Can I Sit with You?

The Absolute Clearheadedness of Mrs. Rutland

Louis E. Bourgeois
Fifth Grade

You pass hall after hall on the red tiled floor till you pass the trophy case and enter the math class. You place, very consciously, an extremely yellow pencil in the pencil holder on your desk. As you wait for instructions as to what you are to do, the awareness that everyone in the class is essentially your enemy takes hold, and you wish a hurricane would come through and wipe away the fear. This is life in the fifth grade in a public elementary school, and this experience in the fifth grade in a public elementary school is completely no different from any other person’s experience in your position. It has always been the fifth grade for the sake of being the fifth grade. It’s timeless, and there’s nothing you can do about it.

The yellow pencil is gleaming reflected rays of light coming down from the ceiling. Mrs. Rutland tells you to pick the pencil up off the floor. You look down at the floor but there is no pencil and you say to Mrs. Rutland that you didn’t drop a pencil on the floor, forgetting that you should have taken the pencil on your desk in the pencil holder and put it on the floor yourself. But you produce your paltry logic, and this, of course, is what does you in, and will continually do you in.

The logic stands firm for a moment, but Mrs. Rutland simply tells you that you better pick the pencil up and show it to her. This is a second warning and somehow you just don’t get it. For some reason you just can’t bend down and simply do what she is asking. You are a rebel, and a second time you tell Mrs. Rutland that there is no pencil on the floor. You claim to yourself that you are undergoing a serious injustice. You know you’re in the right, you feel you’ll be rewarded, and you start to feel all warm inside, honey warm. You know the Principal will be a logical man as you walk down the hall with Mrs. Rutland’s hand at your shoulder.

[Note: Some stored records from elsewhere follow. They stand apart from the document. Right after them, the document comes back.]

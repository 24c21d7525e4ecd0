//! Laws on the rows of what sessions keep.
ghost use Rattle.std.specs.Prelude.{◌≡◌, ◌≢◌, ◌∷◌, ◌<◌, ◌^◌, ℕ, List, Some};
ghost use Rattle.std.specs.FinMap as fin;
ghost use Rattle.apex_base.specs.declared.numbers.Scale.{Scale};
ghost use Rattle.apex_base.specs.declared.numbers.SessionId.{SessionId};
ghost use Rattle.apex_base.specs.Keys.{RowMap, snapshot_front, pre_restore_front};
ghost use Rattle.row_check.specs.BadRows.{opened_rows, AgreesAt, DiffersAt};
ghost use Rattle.row_check.specs.KeptRows.{kept_row, AreKept};
ghost use Rattle.row_key.specs.Kept.{IsKeptTag, kept_text};

/// The rows of tags 7 and 8 are what the eras of the opened world give: at each key of a session the value that the
/// name had before the boot that activated it, by the rows that count.
pub fn kept_rows_are_those_of_eras()
    ensures snapshot { (m : RowMap) (scale : Scale) (id : SessionId) (name key : List ℕ) → id.0 < 2 ^ 32
        → fin.get (opened_rows m scale) (snapshot_front id name key) ≡ kept_row m 7 id name key }
    ensures pre_restore { (m : RowMap) (scale : Scale) (id : SessionId) (name key : List ℕ) → id.0 < 2 ^ 32
        → fin.get (opened_rows m scale) (pre_restore_front id name key) ≡ kept_row m 8 id name key }
{}

/// The rows of tags 7 and 8 are right if and only if each is of a session, a name and a key, and they are what sessions
/// keep.
pub fn kept_rows_are_what_sessions_keep()
    ensures right { (m : RowMap) (scale : Scale) (tag : ℕ) → IsKeptTag tag → AreKept m tag → AgreesAt m scale tag }
    ensures no_key { (m : RowMap) (scale : Scale) (tag : ℕ) (rest value : List ℕ) → IsKeptTag tag
        → fin.get m (tag ∷ rest) ≡ Some value
        → ((id : SessionId) (name key : List ℕ) → id.0 < 2 ^ 32 → tag ∷ rest ≢ kept_text tag id name key)
        → DiffersAt m scale tag }
    ensures other { (m : RowMap) (scale : Scale) (tag : ℕ) (id : SessionId) (name key : List ℕ) → IsKeptTag tag
        → id.0 < 2 ^ 32 → fin.get m (kept_text tag id name key) ≢ kept_row m tag id name key
        → DiffersAt m scale tag }
{}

She merely pronounces what you did in a few straight lines. Mrs. Rutland has no need to seal your fate; she knows you’ll do it for her. She knows and this is why she asked you to pick up the pencil. Somehow she knew you were one less deserving than the rest. Call it the mark of Cain if you will. But in your case the question of what you did is not in any respect relevant to anything.

The Principal has you in his complete domain. You know the Principal; you’ve seen him around before and never had much of a problem with him. He surely looked friendly enough, although you haven’t actually talked to him. But now he seems different. You notice the Principal’s pock-marked face, you notice how much he seems to like Mrs. Rutland, you notice how sharply his tie is tied, and you notice the bottleneck of whiskey sticking out of the desk drawer. And the paddle, with several holes drilled into it, hanging on the wall, actually fills you with hope and relief. At least Mother might not find out.
You have to sit in a large old cushioned chair, and are told not to leave the room while the Principal goes and takes a leak. After he shuts the door you begin to make little whimpering noises and you absolutely think you will go out of your mind. In the few moments you have alone, you think what your possible choices are, and of course, the only real thing that matters is that you make a deal without Mother knowing. This is about all the bargaining power you have, and you weep, and you smile, and you weep, and you smile, and you weep, and you smile.

But you keep condemning yourself; you’re a revolutionary, an individual, and so forth. You keep defining yourself and making it worse with every remark you say to the Principal. You will not accept the fact that the pencil was lying on the floor. You will not agree to that, and it’s all the Principal wants. You even go so far as to talk about “kid’s rights,” and bringing in witnesses from the class. You nearly have the Principal rolling on the floor hysterically with your inflammatory speeches. He asks, What in the hell is wrong with you? Do you think you’re a superstar? Do you think you’re Alexander the Great? Do you think you’re a god?

You’ve been with the Principal for half an hour and the bargaining is about over. He feels the need to tell you how important it is to listen to your teachers. He tells you how much about life you don’t know. He tells you how important it is not to disappoint your parents. And every time you think you’re off the hook, he says he ought to call your Mother, and you sink back into your unimaginable gloom. You’ve never felt this way before, and you’ve been around, you’re in the fifth grade.

You make the deal and perhaps it has something to do with a call from his wife while you sit in the chair with all of your misfortunes running over. After the phone call his face is severe, and you start slipping, slipping, and slipping. Thinking of the injustice no longer helps; in fact, you think maybe the injustice was all in your head. The Principal knows what you are thinking, and he knows he has you because you want it too bad. So it’s ten licks with the paddle and five days of recess detention, and an apology to Mrs. Rutland, and you count your lucky stars because Mother will not find out and you hardly feel the air-swishing licks across your ass.